Wellington, DC, August 8, 2006--With Feltex's books open to a rival suitor, Godfrey Hirst says it will not raise its bid for the struggling carpet-maker and could yet walk away, according to Stuff.co.nz.
Feltex confirmed yesterday that Graeme and Craig Turner, the millionaire brothers whose family owns bedding company Sleepyhead, could do due diligence before a potential rescue offer.
But in the absence of an alternative, better deal emerging, Feltex said it would recommend the $141.8 million Hirst offer to shareholders.
Both the Turners and Godfrey Hirst aim to complete due diligence by August 21, with the Turner brothers planning to release their proposal this month or next. They were unavailable for comment yesterday.
Godfrey Hirst finance director Jim Walsh said, however, his company had no plans to increase its offer, which would return shareholders a maximum of 12 cents a share.
"We've certainly got no inclination to increase our bid," he said. "We think it's fully priced having regard to circumstances."
Godfrey Hirst, whose offer needs 75 per cent shareholder support at a September meeting, could walk away if it found something during due diligence it did not like.
"The purpose of due diligence is to examine the business and see whether it is as represented and whether there are any issues there that you weren't aware of," Walsh said.
After due diligence and assuming approval from the Commerce Commission and Australian Competition and Consumer Commission was secured, Godfrey Hirst would review its position.
Its "fully priced and fully funded" offer was fair to shareholders, staff and Feltex creditors, including ANZ to which Feltex owed $128 million, Walsh said.
With more than 40 years of making carpets, Godfrey Hirst was best placed to improve Feltex and provide continuing investment. Mr Walsh said any decision on potential mill closures or job cuts could be months away.

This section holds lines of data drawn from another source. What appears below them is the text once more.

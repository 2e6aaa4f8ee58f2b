//! What refutations and derivations give, as contracts.

ghost use Rattle.qv_cnf.specs.Laws.{RupIsTrue, RefutedHasNoModel, DerivationWithoutLast};
ghost use Rattle.qv_cnf.specs.Rat.{RatKeepsModels, RupIsRat};

/// A clause that follows by its hints is true wherever the live clauses are.
pub fn rup_is_true()
    ensures { RupIsTrue }
{}

/// Clauses with a refutation have no model, where their ids rise.
pub fn refuted_has_no_model()
    ensures { RefutedHasNoModel }
{}

/// The steps before the last step of a derivation are a derivation.
pub fn derivation_without_last()
    ensures { DerivationWithoutLast }
{}

/// A clause that RAT hints show keeps satisfiability.
pub fn rat_keeps_models()
    ensures { RatKeepsModels }
{}

/// A clause that follows by its hints is one that RAT hints show.
pub fn rup_is_rat()
    ensures { RupIsRat }
{}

Feltex shares, sold for $1.70 each in a June 2004 float, yesterday closed up 0.1c at 12.1c.
The Turners hope to raise up to $40 million, with the support of other investors, to inject into Feltex. Their plan would mean that Feltex remained listed, giving shareholders the chance to share in its future.
Judy Attenberger, National Distribution Union's national textile secretary, said the Sleepyhead proposal was hard to judge at this point. The union represents about 700 of Feltex's 890 New Zealand staff.
"People are saying they (Sleepyhead) would be the preferred option because Feltex would stay on the sharemarket. But longer-term where would it leave the employees? If you raise enough money just to keep the place going, is that going to be enough to sustain it over the long haul?"